▸ **Task**:
Retype the data below without altering anything.

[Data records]
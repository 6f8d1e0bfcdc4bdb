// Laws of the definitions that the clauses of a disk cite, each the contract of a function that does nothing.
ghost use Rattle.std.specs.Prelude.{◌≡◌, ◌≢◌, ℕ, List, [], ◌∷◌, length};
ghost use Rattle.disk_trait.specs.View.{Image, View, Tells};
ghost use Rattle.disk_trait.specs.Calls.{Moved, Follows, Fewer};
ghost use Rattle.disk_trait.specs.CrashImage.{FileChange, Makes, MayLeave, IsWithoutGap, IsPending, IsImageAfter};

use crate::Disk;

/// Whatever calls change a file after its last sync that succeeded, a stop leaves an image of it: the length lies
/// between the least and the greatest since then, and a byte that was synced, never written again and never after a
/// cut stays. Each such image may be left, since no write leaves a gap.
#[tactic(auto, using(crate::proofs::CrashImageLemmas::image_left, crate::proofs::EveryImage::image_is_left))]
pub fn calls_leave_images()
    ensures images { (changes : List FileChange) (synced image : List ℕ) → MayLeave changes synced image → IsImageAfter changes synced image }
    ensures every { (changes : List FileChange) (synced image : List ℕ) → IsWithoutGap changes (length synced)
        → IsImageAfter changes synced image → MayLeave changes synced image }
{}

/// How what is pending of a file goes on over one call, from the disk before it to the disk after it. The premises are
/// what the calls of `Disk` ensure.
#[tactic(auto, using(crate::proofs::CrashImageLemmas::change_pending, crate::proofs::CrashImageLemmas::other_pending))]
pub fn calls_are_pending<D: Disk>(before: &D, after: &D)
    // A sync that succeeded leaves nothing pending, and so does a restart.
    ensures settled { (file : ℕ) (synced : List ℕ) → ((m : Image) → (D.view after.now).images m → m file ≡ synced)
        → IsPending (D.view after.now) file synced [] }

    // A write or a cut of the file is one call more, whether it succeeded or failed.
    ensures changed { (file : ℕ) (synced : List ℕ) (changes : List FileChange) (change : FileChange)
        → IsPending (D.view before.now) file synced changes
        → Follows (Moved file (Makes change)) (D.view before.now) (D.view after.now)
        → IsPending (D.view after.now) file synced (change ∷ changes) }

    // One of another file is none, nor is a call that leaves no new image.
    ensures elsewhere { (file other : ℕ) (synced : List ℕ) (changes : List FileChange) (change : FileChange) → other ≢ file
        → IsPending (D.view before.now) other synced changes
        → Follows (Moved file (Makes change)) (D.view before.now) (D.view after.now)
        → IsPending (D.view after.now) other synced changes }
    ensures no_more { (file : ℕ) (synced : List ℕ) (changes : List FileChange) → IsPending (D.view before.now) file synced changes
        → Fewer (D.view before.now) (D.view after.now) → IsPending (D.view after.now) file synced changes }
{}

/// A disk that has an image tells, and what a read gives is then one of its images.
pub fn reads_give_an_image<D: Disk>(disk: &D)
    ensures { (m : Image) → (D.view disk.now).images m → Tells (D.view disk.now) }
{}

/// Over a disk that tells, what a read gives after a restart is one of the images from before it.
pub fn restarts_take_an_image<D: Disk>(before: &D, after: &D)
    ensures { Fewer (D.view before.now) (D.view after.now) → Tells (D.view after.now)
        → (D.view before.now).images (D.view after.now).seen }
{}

▸ **Response area**:
repository 6f8d1e0bfcdc4bdb
// Laws of the definitions that the clauses of a disk cite, each the contract of a function that does nothing.
ghost use Rattle.std.specs.Prelude.{◌≡◌, ◌≢◌, ℕ, List, [], ◌∷◌, length};
ghost use Rattle.disk_trait.specs.View.{Image, View, Tells};
ghost use Rattle.disk_trait.specs.Calls.{Moved, Follows, Fewer};
ghost use Rattle.disk_trait.specs.CrashImage.{FileChange, Makes, MayLeave, IsWithoutGap, IsPending, IsImageAfter};

use crate::Disk;

/// Whatever calls change a file after its last sync that succeeded, a stop leaves an image of it: the length lies
/// between the least and the greatest since then, and a byte that was synced, never written again and never after a
/// cut stays. Each such image may be left, since no write leaves a gap.
#[tactic(auto, using(crate::proofs::CrashImageLemmas::image_left, crate::proofs::EveryImage::image_is_left))]
pub fn calls_leave_images()
    ensures images { (changes : List FileChange) (synced image : List ℕ) → MayLeave changes synced image → IsImageAfter changes synced image }
    ensures every { (changes : List FileChange) (synced image : List ℕ) → IsWithoutGap changes (length synced)
        → IsImageAfter changes synced image → MayLeave changes synced image }
{}

/// How what is pending of a file goes on over one call, from the disk before it to the disk after it. The premises are
/// what the calls of `Disk` ensure.
#[tactic(auto, using(crate::proofs::CrashImageLemmas::change_pending, crate::proofs::CrashImageLemmas::other_pending))]
pub fn calls_are_pending<D: Disk>(before: &D, after: &D)
    // A sync that succeeded leaves nothing pending, and so does a restart.
    ensures settled { (file : ℕ) (synced : List ℕ) → ((m : Image) → (D.view after.now).images m → m file ≡ synced)
        → IsPending (D.view after.now) file synced [] }

    // A write or a cut of the file is one call more, whether it succeeded or failed.
    ensures changed { (file : ℕ) (synced : List ℕ) (changes : List FileChange) (change : FileChange)
        → IsPending (D.view before.now) file synced changes
        → Follows (Moved file (Makes change)) (D.view before.now) (D.view after.now)
        → IsPending (D.view after.now) file synced (change ∷ changes) }

    // One of another file is none, nor is a call that leaves no new image.
    ensures elsewhere { (file other : ℕ) (synced : List ℕ) (changes : List FileChange) (change : FileChange) → other ≢ file
        → IsPending (D.view before.now) other synced changes
        → Follows (Moved file (Makes change)) (D.view before.now) (D.view after.now)
        → IsPending (D.view after.now) other synced changes }
    ensures no_more { (file : ℕ) (synced : List ℕ) (changes : List FileChange) → IsPending (D.view before.now) file synced changes
        → Fewer (D.view before.now) (D.view after.now) → IsPending (D.view after.now) file synced changes }
{}

/// A disk that has an image tells, and what a read gives is then one of its images.
pub fn reads_give_an_image<D: Disk>(disk: &D)
    ensures { (m : Image) → (D.view disk.now).images m → Tells (D.view disk.now) }
{}

/// Over a disk that tells, what a read gives after a restart is one of the images from before it.
pub fn restarts_take_an_image<D: Disk>(before: &D, after: &D)
    ensures { Fewer (D.view before.now) (D.view after.now) → Tells (D.view after.now)
        → (D.view before.now).images (D.view after.now).seen }
{}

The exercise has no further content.